Steve Eisman, the investor who shorted subprime mortgages before the 2008 crash and was immortalized in The Big Short, has turned his contrarian eye on artificial intelligence — and his conclusion, in an interview with Fortune, is that most investors are crowding into the wrong names. This is one investor's analysis, not a consensus view or investment advice; Eisman has had misses alongside his famous win.

The core argument: "no moats in AI"

A moat, in investing shorthand, is a durable advantage that protects a company's profits from competition. Eisman's central claim is that the big AI platforms don't have one. "There are no 'moats' in AI," he told Fortune. "Someone moves to ChatGPT then to Gemini then to Claude." Because customers can switch between models with little friction, he argues, providers are forced to compete on price rather than lock buyers in.

That makes him wary of the so-called hyperscalers — the tech giants such as Meta, Microsoft, Oracle and Alphabet that are pouring money into AI infrastructure. He describes them as fighting in a "brutal arena" of substitutable products. And the sums at stake are vast: by his account, Alphabet spent $80 billion on AI last year, plans $180 billion to $190 billion this year, and "raised $85 billion in stock" to help fund it. His worry is that the spending is certain while the payoff is not.

The "picks and shovels" play

Rather than the companies writing the giant checks, Eisman prefers their suppliers — a "picks and shovels" approach, named for the idea that the surest money in a gold rush was made selling miners their tools, not digging. In AI terms, that means the chip and networking firms that get paid no matter which platform ultimately wins.

His preferred names are Nvidia, Arista Networks and Cisco Systems, which he sees as selling specialized, hard-to-substitute hardware — the opposite of the commodity-like position he ascribes to the platforms.

A pointed warning on SpaceX

Eisman reserves his sharpest skepticism for SpaceX, which is heading for a public listing.
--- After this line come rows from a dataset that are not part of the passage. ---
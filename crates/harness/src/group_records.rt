// Records of group presses, written by hand: sound ones with any marks, and any bits at the heads that they do not
// name; and such a record with one thing wrong. "a group record naming a non-link, or nothing, is damage (15)" (02,
// A5).
use crate::damage::Damaged;
use crate::{boards, damage, records};
use board::{Board, UndoRecord};
use reference::history::RECORDS;
use reference::problem::{BANNED, MAX_VERTICES, NO_ARC, NO_MARK};
use reference::random::Random;
use reference::{access, group, shown};

// The changes of a board: 8 are damage, 3 are none.
pub const KINDS: u32 = 11;

const NO_ARC_AT_HEAD: u32 = 6;

const SOUND_FROM: u32 = 8;

const PAST_THE_COUNT: u32 = 10;

// A record by its parts.
#[derive(Clone, Copy)]
pub struct GroupRecord {
    pub tail: u32,
    pub heads: u32,
    pub marks: u64,
}

pub fn record_of(r: GroupRecord) -> UndoRecord {
    records::marks_record(r.tail, r.heads, r.marks)
}

// Any lawful marks at the heads of a set, and any bits at the others.
fn some_marks(seed: Random, heads: u32) -> u64 {
    let mut marks = seed.state;
    let mut g = seed.next();
    for head in 0..MAX_VERTICES {
        if shown::holds(heads, head) {
            marks = records::with_mark_at(marks, head, access::narrow(g.below(3)));
            g = g.next();
        }
    }
    marks
}

// A sound record: some of the arcs from a tail, with that to a head, which is one of them.
pub fn some_record(b: Board, tail: u32, head: u32, g: Random) -> GroupRecord {
    let set = g.word() | shown::only(head);
    let heads = group::links(&boards::problem_of(b), tail, set);
    GroupRecord {
        tail,
        heads,
        marks: some_marks(g.next(), heads),
    }
}

// The record with one head more, whose mark is free.
fn with_head(r: GroupRecord, head: u32) -> GroupRecord {
    let mut s = r;
    s.heads = r.heads | shown::only(head);
    s.marks = records::with_mark_at(r.marks, head, 0);
    s
}

// The record with one head that is not there, or where there are all 32 vertices with such a tail.
fn past_the_vertices(r: GroupRecord, n: u32) -> GroupRecord {
    let mut s = r;
    if n < MAX_VERTICES {
        return with_head(r, n.wrapping_add(r.heads % (MAX_VERTICES - n)));
    }
    s.tail = n;
    s
}

// The record with one thing wrong: the tail, no head, a head that is not there, the root, the tail itself, a number
// that is no mark. The other kinds need no change of it.
fn changed(r: GroupRecord, kind: u32, n: u32, root: u32, head: u32) -> GroupRecord {
    let mut s = r;
    match kind {
        0 => s.tail = n,
        1 => s.tail = 255,
        2 => s.heads = 0,
        3 => return past_the_vertices(r, n),
        4 => return with_head(r, root),
        5 => return with_head(r, r.tail),
        7 => s.marks = records::with_mark_at(r.marks, head, NO_MARK),
        9 => return only_head(r, head),
        _ => return r,
    }
    s
}

// A record of one head, and numbers that are no marks at all the others.
fn only_head(r: GroupRecord, head: u32) -> GroupRecord {
    GroupRecord {
        tail: r.tail,
        heads: shown::only(head),
        marks: records::with_mark_at(18446744073709551615, head, BANNED),
    }
}

// Rubbish in a place past the count.
fn with_group_rubbish(b: Board) -> Board {
    let mut c = b;
    if c.count < RECORDS {
        let at = c.count;
        c.records[at] = records::marks_record(250, 4294967295, 18446744073709551615);
    }
    c
}

// The board with a record of that kind, from a tail to a head and others. The head is made no arc on the board, not in
// the record.
fn with_kind(b: Board, kind: u32, g: Random, tail: u32, head: u32) -> Board {
    let r = changed(some_record(b, tail, head, g), kind, b.n, b.root, head);
    match kind {
        NO_ARC_AT_HEAD => damage::with_record(
            damage::with_cell(b, tail, head, NO_ARC, 0),
            g,
            record_of(r),
        ),
        PAST_THE_COUNT => with_group_rubbish(b),
        _ => damage::with_record(b, g, record_of(r)),
    }
}

// The board with an arc that the generator picks, and the record of that kind.
pub fn nth_damage(b: Board, kind: u32, g: Random) -> Damaged {
    let arc = damage::some_arc(g, b.n, b.root);
    let c = damage::with_cell(b, arc.tail, arc.head, 5, 0);
    let h = g.next().next();
    Damaged {
        is_damaged: kind < SOUND_FROM,
        board: with_kind(c, kind, h, arc.tail, arc.head),
    }
}
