// A list of calls handed to the planner whole.
use crate::calls::Shown;
use crate::{buffers, calls};
use reference::access;
use reference::card::Card;

// How many calls a list has.
pub const CALLS: usize = 300;

// Their kinds, and the two numbers of each.
#[derive(Clone, Copy)]
pub struct Calls {
    pub kinds: [u8; CALLS],
    pub firsts: [u32; CALLS],
    pub seconds: [u32; CALLS],
}

// How much is lent of each list and each buffer.
#[derive(Clone, Copy)]
pub struct Rooms {
    pub firsts: u32,
    pub seconds: u32,
    pub answers: u32,
    pub parents: u32,
    pub states: u32,
    pub cuts: u32,
}

// All of it.
pub fn whole() -> Rooms {
    Rooms {
        firsts: CALLS as u32,
        seconds: CALLS as u32,
        answers: CALLS as u32,
        parents: buffers::PARENTS as u32,
        states: buffers::STATES as u32,
        cuts: buffers::CUTS as u32,
    }
}

#[derive(Clone, Copy)]
pub struct Replayed {
    pub shown: Shown,
    pub answers: [u32; CALLS],
}

pub fn replay(c: Card, list: Calls, rooms: Rooms) -> Replayed {
    let mut answers = [buffers::WORD; CALLS];
    let mut parents = [buffers::BYTE; buffers::PARENTS];
    let mut states = [buffers::BYTE; buffers::STATES];
    let mut cuts = [buffers::WORD; buffers::CUTS];
    let v = planner::replay(
        c.as_slice(),
        &list.kinds,
        access::front(&list.firsts, rooms.firsts as usize),
        access::front(&list.seconds, rooms.seconds as usize),
        access::front_mut(&mut answers, rooms.answers as usize),
        access::front_mut(&mut parents, rooms.parents as usize),
        access::front_mut(&mut states, rooms.states as usize),
        access::front_mut(&mut cuts, rooms.cuts as usize),
    );
    Replayed {
        shown: calls::as_shown(v, parents, states, cuts),
        answers,
    }
}
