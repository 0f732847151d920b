// Boards and the reference's instances.
use crate::records;
use board::Board;
use reference::history::RECORDS;
use reference::problem;
use reference::problem::{CELLS, Problem, STRIDE};

// A board with an instance and no record. The record places past the count hold rubbish, which nobody may look at.
pub fn of_problem(p: Problem) -> Board {
    let weights = p.weights;
    let marks = p.marks;
    let rubbish = records::mark_record(200, 201, 77);
    Board {
        n: p.n,
        root: p.root,
        budget: p.budget,
        weights,
        marks,
        records: [rubbish; RECORDS],
        count: 0,
    }
}

pub fn problem_of(b: Board) -> Problem {
    let weights = b.weights;
    let marks = b.marks;
    Problem {
        n: b.n,
        root: b.root,
        budget: b.budget,
        weights,
        marks,
    }
}

// Whether two instances are equal "where a link can be".
pub fn alike_problems(p: &Problem, q: &Problem) -> bool {
    p.n == q.n
        && p.root == q.root
        && p.budget == q.budget
        && (0..CELLS).all(|at| {
            let k = at as u32;
            !problem::can_hold(p.n, p.root, k / STRIDE, k % STRIDE)
                || p.weights[at] == q.weights[at] && p.marks[at] == q.marks[at]
        })
}

// Whether the first so many records are equal.
fn equal_records(a: &Board, b: &Board, count: usize) -> bool {
    a.records
        .iter()
        .zip(&b.records)
        .take(count)
        .all(|(x, y)| records::equal(*x, *y))
}

// Whether a board is as it was, in every cell and every bit of every record place: what a refusal leaves.
pub fn identical(a: Board, b: Board) -> bool {
    a.count == b.count && equal_records(&a, &b, RECORDS) && problem_of(a) == problem_of(b)
}

// Whether two boards have the same in every cell and the same history. "record places past the count" are not compared.
pub fn equal(a: Board, b: Board) -> bool {
    a.count == b.count && equal_records(&a, &b, a.count) && problem_of(a) == problem_of(b)
}

// Whether two boards are the same wherever somebody may look: their sizes, roots and budgets, where a link can be, and
// their histories.
pub fn alike(a: Board, b: Board) -> bool {
    a.count == b.count
        && equal_records(&a, &b, a.count)
        && alike_problems(&problem_of(a), &problem_of(b))
}
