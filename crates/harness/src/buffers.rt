// The buffers that the tests lend: longer than any call needs, lent whole or in part, and filled so that a touched
// place shows.
use reference::access;

// Room for parents, states and cuts.
pub const PARENTS: usize = 40;

pub const STATES: usize = 1100;

pub const CUTS: usize = 130;

// What stands in a buffer before a call.
pub const BYTE: u8 = 170;

pub const WORD: u32 = 2863311530;

// Whether the places from one up to another are as before.
pub fn bytes_untouched(s: &[u8], from: u32, to: u32) -> bool {
    access::all_are(s, from, to, BYTE)
}

pub fn words_untouched(s: &[u32], from: u32, to: u32) -> bool {
    access::all_are(s, from, to, WORD)
}
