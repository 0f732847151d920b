// A call's answer, and whether it left everything that it was lent as before.
use crate::{boards, buffers, calls, history_calls, verdict};
use board::{Answered, Board};
use reference::card::CARD_ROOM;
use reference::certificate::Certificate;

#[derive(Clone, Copy)]
pub struct Reply {
    pub answer: u32,
    pub untouched: bool,
}

// Whether a call gave this answer, and touched nothing if it is a refusal.
pub fn is_reply(r: Reply, answer: u32) -> bool {
    r.answer == answer && (answer == 0 || r.untouched)
}

// Of a call that changes a board.
pub fn of_call(before: Board, r: Answered) -> Reply {
    let after = r.board;
    Reply {
        answer: r.answer,
        untouched: boards::identical(before, after),
    }
}

// Of a look with so much lent of each buffer.
pub fn of_look(b: Board, parents: u32, states: u32, cuts: u32) -> Reply {
    let s = calls::look_with(b, parents, states, cuts);
    Reply {
        answer: s.answer,
        untouched: verdict::all_untouched(s),
    }
}

// Of a write with so many bytes lent.
pub fn of_write(b: Board, room: u32) -> Reply {
    let w = calls::write_with(b, room);
    Reply {
        answer: w.answer,
        untouched: buffers::bytes_untouched(&w.bytes, 0, CARD_ROOM as u32),
    }
}

// Of a write as a history card.
pub fn of_history_write(b: Board, room: u32) -> Reply {
    let w = history_calls::write_with(b, room);
    Reply {
        answer: w.answer,
        untouched: buffers::bytes_untouched(&w.bytes, 0, CARD_ROOM as u32),
    }
}

// Of a check of a list that is no tree, with so many bytes of it lent. What it is lent it can not write.
pub fn of_check(b: Board, parents: u32) -> Reply {
    let mut o = Certificate::empty();
    o.parents_sent = parents;
    Reply {
        answer: calls::check(b, o),
        untouched: true,
    }
}
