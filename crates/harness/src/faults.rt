// A board that the planner gave, with one fault planted in it: a comparison of boards has to report each of them. And
// what a comparison has to pass over.
use crate::records;
use board::{Board, Replaced, UndoRecord};
use reference::history::RECORDS;
use reference::{group, problem, shown};

// The faults: 5 of the board's fields, then 3 of its latest record.
pub const KINDS: u32 = 8;

pub const RECORDS_FROM: u32 = 5;

pub const MARK: u32 = 0;

pub const BUDGET: u32 = 2;

pub const COUNT: u32 = 3;

const TAIL: u32 = 5;

const HEADS: u32 = 6;

fn other_mark(mark: u8) -> u8 {
    (mark % 3 + 1) % 3
}

// A group's record with another tail, with a head more or less, with another mark at one of its heads.
fn group_changed(tail: u32, heads: u32, marks: u64, kind: u32, head: u32) -> UndoRecord {
    let member = group::member_from(heads, head);
    let other = other_mark(records::mark_at(marks, member));
    match kind {
        TAIL => records::marks_record(tail.wrapping_add(1), heads, marks),
        HEADS => records::marks_record(tail, heads ^ shown::only(head), marks),
        _ => records::marks_record(tail, heads, records::with_mark_at(marks, member, other)),
    }
}

// A single record with another tail, head or mark.
fn mark_changed(tail: u32, head: u32, mark: u8, kind: u32) -> UndoRecord {
    match kind {
        TAIL => records::mark_record(tail.wrapping_add(1), head, mark),
        HEADS => records::mark_record(tail, head.wrapping_add(1), mark),
        _ => records::mark_record(tail, head, other_mark(mark)),
    }
}

fn record_changed(r: UndoRecord, kind: u32, head: u32) -> UndoRecord {
    match r.replaced {
        Replaced::OldMark(t, h, mark) => mark_changed(u32::from(t), u32::from(h), mark, kind),
        Replaced::OldMarks(t, heads, marks) => group_changed(
            u32::from(t),
            heads,
            marks,
            kind,
            head,
        ),
        Replaced::OldBudget(budget) => records::budget_record(budget.wrapping_add(kind)),
    }
}

// The place of the latest record, 0 where there is none.
fn latest(count: usize) -> u32 {
    let c = (count % (RECORDS + 1)) as u32;
    if c == 0 { 0 } else { c - 1 }
}

// The mark of an arc changed, its weight, the budget, the number of records, the mark of the tail's own cell, where no
// arc can be, the latest record.
pub fn with_fault(b: Board, kind: u32, tail: u32, head: u32) -> Board {
    let mut c = b;
    let at = problem::cell(tail, head);
    let own = problem::cell(tail, tail);
    match kind {
        MARK => c.marks[at] = other_mark(c.marks[at]),
        1 => c.weights[at] = c.weights[at].wrapping_add(1),
        BUDGET => c.budget = c.budget.wrapping_add(1),
        COUNT => c.count = c.count % RECORDS + 1,
        4 => c.marks[own] = other_mark(c.marks[own]),
        _ => return with_record_fault(c, kind, head),
    }
    c
}

fn with_record_fault(b: Board, kind: u32, head: u32) -> Board {
    let mut c = b;
    let at = (latest(c.count) % RECORDS as u32) as usize;
    let r = c.records[at];
    c.records[at] = record_changed(r, kind, head);
    c
}

// The board with another tail in the record that stands first past the count, or with no change where all places are
// in use. Nobody may look there, but a list and its single calls leave the same.
pub fn with_fault_past(b: Board, head: u32) -> Board {
    let mut c = b;
    if c.count < RECORDS {
        let at = c.count;
        let r = c.records[at];
        c.records[at] = record_changed(r, TAIL, head);
    }
    c
}

// The record with another mark at a head that it does not name, if it is a group's.
fn with_other_head(r: UndoRecord, head: u32) -> UndoRecord {
    match r.replaced {
        Replaced::OldMark(_, _, _) => r,
        Replaced::OldMarks(t, heads, marks) => {
            let other = group::member_from(heads ^ 4294967295, head);
            let mark = records::mark_at(marks, other) ^ 3;
            records::marks_record(
                u32::from(t),
                heads,
                records::with_mark_at(marks, other, mark),
            )
        }
        Replaced::OldBudget(_) => r,
    }
}

// The board with that in its latest record: no fault, as nobody may look there.
pub fn with_rubbish(b: Board, head: u32) -> Board {
    let mut c = b;
    let at = (latest(c.count) % RECORDS as u32) as usize;
    let r = c.records[at];
    c.records[at] = with_other_head(r, head);
    c
}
He pegs its implied valuation at "over 100 times revenue" — against roughly 50 times for the high-multiple software firm Palantir — and notes that SpaceX's revenue is in the neighborhood of breakfast-cereal maker Kellogg's, around $19 billion, a company no one values so richly.

He attributes the gap to enthusiasm rather than fundamentals: "Musk is a cult, so people keep saying 'wait till next year.'" He is dismissive of the company's $28.5 trillion total addressable market — a figure he notes is "over 90%" attributed to AI — and of its AI product: "Grok is a third-tier product," he said, arguing engineers "won't use it because it sucks."

How to read this

Eisman's framework is coherent and clearly argued, but it rests on contestable assumptions — chiefly that AI models stay easily substitutable, which may not hold if one platform pulls meaningfully ahead. Plenty of analysts take the opposite side, expecting the hyperscalers' spending to compound into durable advantages over time. His record outside the 2008 trade is mixed. The useful takeaway is not "buy this, sell that" but the question he is pressing: in a business where everyone is spending enormous sums, who actually gets to keep the profits? Readers should weigh that for themselves.